The task
The full listing, from first line to last, should be set down again exactly.

Supplied data
//! Copies functions into the module.
ghost use Rattle.std.specs.Prelude.{◌≡◌, [], Some, IfOk, OnOk};
ghost use Rattle.std.specs.Cow.{cow_str_bytes};
ghost use Rattle.naga_oil_ir.specs.ModuleValue.{function_value};
ghost use Rattle.naga_oil_derive.specs.DerivedValue.{import_function, import_function_if_new, answer_requests, call_function, localize_function};
ghost use Rattle.naga_oil_derive.specs.DerivedFunctions.{having, meant, CanCopy, CanImport, CanCall, KeepsFunctions, MeansAt, requests_of};

use super::*;
use std::borrow::CowStr;

/// Takes the functions out of a module.
fn take<'n>(target: &mut Module, names: &mut FunctionNames<'n>, alloc: Global) -> Functions<'n>
    ensures taken { (result.copies ≡ target.old.functions) × (result.names ≡ names.old) }
    ensures left { target.new ≡ having target.old [] }
{
    Functions {
        copies: mem::replace(&mut target.functions, Arena::new(alloc)),
        names: mem::replace(names, IndexMap::new(alloc)),
    }
}

/// Puts functions into a module.
fn put<'n>(functions: Functions<'n>, target: &mut Module, names: &mut FunctionNames<'n>)
    ensures target { target.new ≡ having target.old functions.entry.copies }
    ensures names { names.new ≡ functions.entry.names }
{
    let Functions {
        copies,
        names: known,
    } = functions;
    target.functions = copies;
    let _before = mem::replace(names, known);
}

impl<'a> DerivedModule<'a> {
    /// Returns a copy of a function over the handles of the source. The items that the function names are copied first, as are
    /// the functions that it calls whose names aren't known.
    pub fn localize_function(&mut self, func: &Function) -> AllocResult<Function>
        requires { CanCopy self.old (function_value func.now) }
        ensures keeps { KeepsFunctions self.old self.new }
        ensures value { let asked = requests_of (function_value func.now) in
            let made = answer_requests self.old asked in
            OnOk result (self.new ≡ made) }
        ensures copy { let v = function_value func.now in
            let copy = localize_function self.new.source self.new.function_names v in
            IfOk result (λ f. function_value f ≡ copy) }
    {
        let source = self.shader.unwrap();
        let depth = source.functions.len();
        let copying = &mut self.copying;
        let mut taken = take(&mut copying.target, &mut self.function_names, copying.alloc);
        let copy = import::localize(source, func, depth, copying, &mut taken);
        put(taken, &mut copying.target, &mut self.function_names);
        copy
    }

    /// Appends a copy of a function with this name.
    fn put_function(
        &mut self,
        func: &Function,
        name: CowStr<'a>,
        span: Span,
    ) -> HandleResult<Function>
        requires function { CanImport self.old (function_value func.now) }
        requires name { (function_value func.now).name ≡ Some (cow_str_bytes name) }
        ensures keeps { KeepsFunctions self.old self.new }
        ensures value { let made = import_function self.old (function_value func.now) span in
            OnOk result (self.new ≡ made) }
        ensures means { let v = function_value func.now in
            let meaning = meant self.new.function_names v.name in
            IfOk result (λ h. meaning ≡ Some h) }
    {
        let source = self.shader.unwrap();
        let depth = source.functions.len();
        let copying = &mut self.copying;
        let mut taken = take(&mut copying.target, &mut self.function_names, copying.alloc);
        let handle = import::import(source, func, name, span, depth, copying, &mut taken);
        put(taken, &mut copying.target, &mut self.function_names);
        handle
    }

    /// Appends a copy of a function, after what it names, even if the function's name is known; the name then means the copy.
    pub fn import_function(&mut self, func: &Function, span: Span) -> HandleResult<Function>
        requires { CanImport self.old (function_value func.now) }
        ensures keeps { KeepsFunctions self.old self.new }
        ensures value { let made = import_function self.old (function_value func.now) span in
            OnOk result (self.new ≡ made) }
        ensures means { let v = function_value func.now in
            let meaning = meant self.new.function_names v.name in
            IfOk result (λ h. meaning ≡ Some h) }
    {
        let name = func.name.as_ref().unwrap().clone()?;
        self.put_function(func, CowStr::Owned(name), span)
    }

    /// Returns the function that `func`'s name means; `func` is copied if its name isn't known. The name is borrowed from
    /// `func`, which lives as long as the sources.
    pub fn import_function_if_new(
        &mut self,
        func: &'a Function,
        span: Span,
    ) -> HandleResult<Function>
        requires { CanImport self.old (function_value func.now) }
        ensures keeps { KeepsFunctions self.old self.new }
        ensures value { let made = import_function_if_new self.old (function_value func.now) span in
            OnOk result (self.new ≡ made) }
        ensures means { let v = function_value func.now in
            let meaning = meant self.new.function_names v.name in
            IfOk result (λ h. meaning ≡ Some h) }
    {
        match known_as(&self.function_names, &func.name) {
            Some(known) => Ok(known),
            None => {
                let name = func.name.as_ref().unwrap().as_str();
                self.put_function(func, CowStr::Borrowed(name), span)
            }
        }
    }

    /// Returns the function that a source function's name means; the function is copied if its name isn't known.
    pub fn map_function_handle(&mut self, h_func: &Handle<Function>) -> HandleResult<Function>
        requires { CanCall self.old h_func.now }
        ensures means { IfOk result (MeansAt self.new h_func.now) }
        ensures keeps { KeepsFunctions self.old self.new }
        ensures value { OnOk result (self.new ≡ call_function self.old h_func.now) }
    {
        let source = self.shader.unwrap();
        let depth = source.functions.len();
        let copying = &mut self.copying;
        let mut taken = take(&mut copying.target, &mut self.function_names, copying.alloc);
        let handle = import::import_callee(source, *h_func, depth, copying, &mut taken);
        put(taken, &mut copying.target, &mut self.function_names);
        handle
    }
}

Response to this task
//! Copies functions into the module.
ghost use Rattle.std.specs.Prelude.{◌≡◌, [], Some, IfOk, OnOk};
ghost use Rattle.std.specs.Cow.{cow_str_bytes};
ghost use Rattle.naga_oil_ir.specs.ModuleValue.{function_value};
ghost use Rattle.naga_oil_derive.specs.DerivedValue.{import_function, import_function_if_new, answer_requests, call_function, localize_function};
ghost use Rattle.naga_oil_derive.specs.DerivedFunctions.{having, meant, CanCopy, CanImport, CanCall, KeepsFunctions, MeansAt, requests_of};

use super::*;
use std::borrow::CowStr;

/// Takes the functions out of a module.
fn take<'n>(target: &mut Module, names: &mut FunctionNames<'n>, alloc: Global) -> Functions<'n>
    ensures taken { (result.copies ≡ target.old.functions) × (result.names ≡ names.old) }
    ensures left { target.new ≡ having target.old [] }
{
    Functions {
        copies: mem::replace(&mut target.functions, Arena::new(alloc)),
        names: mem::replace(names, IndexMap::new(alloc)),
    }
}

/// Puts functions into a module.
fn put<'n>(functions: Functions<'n>, target: &mut Module, names: &mut FunctionNames<'n>)
    ensures target { target.new ≡ having target.old functions.entry.copies }
    ensures names { names.new ≡ functions.entry.names }
{
    let Functions {
        copies,
        names: known,
    } = functions;
    target.functions = copies;
    let _before = mem::replace(names, known);
}

impl<'a> DerivedModule<'a> {
    /// Returns a copy of a function over the handles of the source. The items that the function names are copied first, as are
    /// the functions that it calls whose names aren't known.
    pub fn localize_function(&mut self, func: &Function) -> AllocResult<Function>
        requires { CanCopy self.old (function_value func.now) }
        ensures keeps { KeepsFunctions self.old self.new }
        ensures value { let asked = requests_of (function_value func.now) in
            let made = answer_requests self.old asked in
            OnOk result (self.new ≡ made) }
        ensures copy { let v = function_value func.now in
            let copy = localize_function self.new.source self.new.function_names v in
            IfOk result (λ f. function_value f ≡ copy) }
    {
        let source = self.shader.unwrap();
        let depth = source.functions.len();
        let copying = &mut self.copying;
        let mut taken = take(&mut copying.target, &mut self.function_names, copying.alloc);
        let copy = import::localize(source, func, depth, copying, &mut taken);
        put(taken, &mut copying.target, &mut self.function_names);
        copy
    }

    /// Appends a copy of a function with this name.
    fn put_function(
        &mut self,
        func: &Function,
        name: CowStr<'a>,
        span: Span,
    ) -> HandleResult<Function>
        requires function { CanImport self.old (function_value func.now) }
        requires name { (function_value func.now).name ≡ Some (cow_str_bytes name) }
        ensures keeps { KeepsFunctions self.old self.new }
        ensures value { let made = import_function self.old (function_value func.now) span in
            OnOk result (self.new ≡ made) }
        ensures means { let v = function_value func.now in
            let meaning = meant self.new.function_names v.name in
            IfOk result (λ h. meaning ≡ Some h) }
    {
        let source = self.shader.unwrap();
        let depth = source.functions.len();
        let copying = &mut self.copying;
        let mut taken = take(&mut copying.target, &mut self.function_names, copying.alloc);
        let handle = import::import(source, func, name, span, depth, copying, &mut taken);
        put(taken, &mut copying.target, &mut self.function_names);
        handle
    }

    /// Appends a copy of a function, after what it names, even if the function's name is known; the name then means the copy.
    pub fn import_function(&mut self, func: &Function, span: Span) -> HandleResult<Function>
        requires { CanImport self.old (function_value func.now) }
        ensures keeps { KeepsFunctions self.old self.new }
        ensures value { let made = import_function self.old (function_value func.now) span in
            OnOk result (self.new ≡ made) }
        ensures means { let v = function_value func.now in
            let meaning = meant self.new.function_names v.name in
            IfOk result (λ h. meaning ≡ Some h) }
    {
        let name = func.name.as_ref().unwrap().clone()?;
        self.put_function(func, CowStr::Owned(name), span)
    }

    /// Returns the function that `func`'s name means; `func` is copied if its name isn't known. The name is borrowed from
    /// `func`, which lives as long as the sources.
    pub fn import_function_if_new(
        &mut self,
        func: &'a Function,
        span: Span,
    ) -> HandleResult<Function>
        requires { CanImport self.old (function_value func.now) }
        ensures keeps { KeepsFunctions self.old self.new }
        ensures value { let made = import_function_if_new self.old (function_value func.now) span in
            OnOk result (self.new ≡ made) }
        ensures means { let v = function_value func.now in
            let meaning = meant self.new.function_names v.name in
            IfOk result (λ h. meaning ≡ Some h) }
    {
        match known_as(&self.function_names, &func.name) {
            Some(known) => Ok(known),
            None => {
                let name = func.name.as_ref().unwrap().as_str();
                self.put_function(func, CowStr::Borrowed(name), span)
            }
        }
    }

    /// Returns the function that a source function's name means; the function is copied if its name isn't known.
    pub fn map_function_handle(&mut self, h_func: &Handle<Function>) -> HandleResult<Function>
        requires { CanCall self.old h_func.now }
        ensures means { IfOk result (MeansAt self.new h_func.now) }
        ensures keeps { KeepsFunctions self.old self.new }
        ensures value { OnOk result (self.new ≡ call_function self.old h_func.now) }
    {
        let source = self.shader.unwrap();
        let depth = source.functions.len();
        let copying = &mut self.copying;
        let mut taken = take(&mut copying.target, &mut self.function_names, copying.alloc);
        let handle = import::import_callee(source, *h_func, depth, copying, &mut taken);
        put(taken, &mut copying.target, &mut self.function_names);
        handle
    }
}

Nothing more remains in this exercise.